Jennifer Gross and Susan Greenberg have arranged an exhibition that does justice to the ambition and the spirit of Dreier, Duchamp and the many other members who championed the cause of the Societe Anonyme over the years. As Dreier did in her exhibitions and programs, Gross generously presents this rich body of work in a way that gives equal footing to the viewer and to the artworks in the hopes of generating a meaningful encounter. Old friends Dreier and Duchamp would surely be pleased to know that we are being encouraged to delve into and learn from the vibrant archive of thought and practice that is their bequest.

Karen Dunbar is an artist and educator who lives in Los Angeles.

Footnotes
  1. Robert Matta Echaurren, letter to Dreier, n.d. (ca. 1940). Box 23, Folder 682, Katherine S. Dreier Papers/Societe Anonyme Archive. Yale Collection of American Literature, Beinecke Rare Book and Manuscript Library. Reproduced in The Societe Anonyme: Modernism for America, exhibition catalog, ed. Jennifer R. Gross (New Haven: Yale University Press, 2006), p. iii.
  2. Jeanne Dunning, “Thoughts for Study After Untitled,” in Jeanne Dunning: Study after Untitled, exhibition catalogue (Berkeley: Berkeley Art Museum, 2005), p. 76.
  3. Gross, “An Artist’s Museum,” p. 2.
  4. Exhibition text, The Societe Anonyme: Modernism for America at the Hammer Museum, Los Angeles.
  5. Katherine S. Drier, as quoted in exhibition text, The Societe Anonyme: Modernism for America at the Hammer Museum, Los Angeles.
  6. Gross, The Societe Anonyme: Modernism for America, p. 3.
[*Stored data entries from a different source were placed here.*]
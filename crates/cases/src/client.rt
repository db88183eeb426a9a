//! A client that may wait for its replies.
ghost use Rattle.std.specs.Prelude.{◌≡◌, None};
ghost use Rattle.m2m_io.specs.Sides.{no_side};

use m2m_io::{Failed, MemSink, MemSource, Sink, Source};
use std::sync::Arc;
use std::sync::atomic::{AtomicU64, Ordering};

/// What a client sends. Where it waits, the next bytes are given only once as many replies were put
/// as reads were answered before.
#[derive(Drop)]
pub struct Sends {
    input: MemSource,
    waits: bool,
    reads: u64,
    puts: Arc<AtomicU64>,
    faults: u64,
}

impl Sends {
    /// A client that sends this input, and waits for the replies that are counted there or not.
    pub fn new(input: MemSource, waits: bool, puts: Arc<AtomicU64>) -> Sends {
        Sends {
            input,
            waits,
            reads: 0,
            puts,
            faults: 0,
        }
    }

    /// How many bytes were not read.
    pub fn left(&self) -> usize {
        self.input.left().len()
    }

    /// Whether the next bytes are sent only once another reply was put.
    fn is_early(&self) -> bool {
        self.waits && 0 < self.left() && self.puts.load(Ordering::SeqCst) < self.reads
    }
}

impl Source for Sends {
    ghost left = { λ _. None };

    ghost faults = { λ s. s.faults };

    ghost kept_by_read = { λ _. no_side };

    fn read(&mut self, buf: &mut [u8]) -> Result<usize, Failed> {
        if !self.is_early()
            && let Ok(n) = self.input.read(buf)
        {
            self.reads = self.reads.saturating_add(1);
            return Ok(n);
        }
        self.faults = self.faults.saturating_add(1);
        Err(Failed)
    }
}

/// What a client gets: the puts that succeed are counted.
#[derive(Drop)]
pub struct Gets {
    out: MemSink,
    puts: Arc<AtomicU64>,
    faults: u64,
}

impl Gets {
    /// A client that gets what is put there; the puts are counted here.
    pub fn new(out: MemSink, puts: Arc<AtomicU64>) -> Gets {
        Gets {
            out,
            puts,
            faults: 0,
        }
    }

    /// The bytes that it got.
    pub fn written(&self) -> &[u8] {
        self.out.written()
    }
}

impl Sink for Gets {
    ghost written = { λ _. None };

    ghost faults = { λ s. s.faults };

    ghost puts = { λ _. None };

    ghost kept_by_put = { λ _. no_side };

    fn put(&mut self, bytes: &[u8]) -> Result<(), Failed> {
        if let Err(failed) = self.out.put(bytes) {
            self.faults = self.faults.saturating_add(1);
            return Err(failed);
        }
        self.puts.fetch_add(1, Ordering::SeqCst);
        Ok(())
    }
}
  7. Gross attributes a lack of focus on Dreier by art historians and critics first to the decentralization of the Societe Anonyme as an organization and secondly to Dreier’s idiosyncratic personality. Although Dreier’s generosity toward her fellow artists and her importance as a figure in the history of Modern Art cannot be disputed, she was known for a pro-German and anti-Semitic attitude that made her a problematic a figure in her own time, when Americans were highly nationalistic, and later, in the post-World War II era when the world was deeply appalled at the results of Hitler’s dictatorship. See Gross, The Societe Anonyme: Modernism for America, p. 4.
  8. As executor of Dreier’s estate, Duchamp ultimately distributed her personal art collection among The Yale University Art Gallery, The Arensberg Collection in Philadelphia (now at the Philadelphia Museum of Art) and The Phillips Collection in Washington, D.C. See Duchamp’s letter regarding Dreier’s estate in Jennifer Gross, “An Artists’ Museum,” The Societe Anonyme: Modernism for America, footnote 31, p. 15.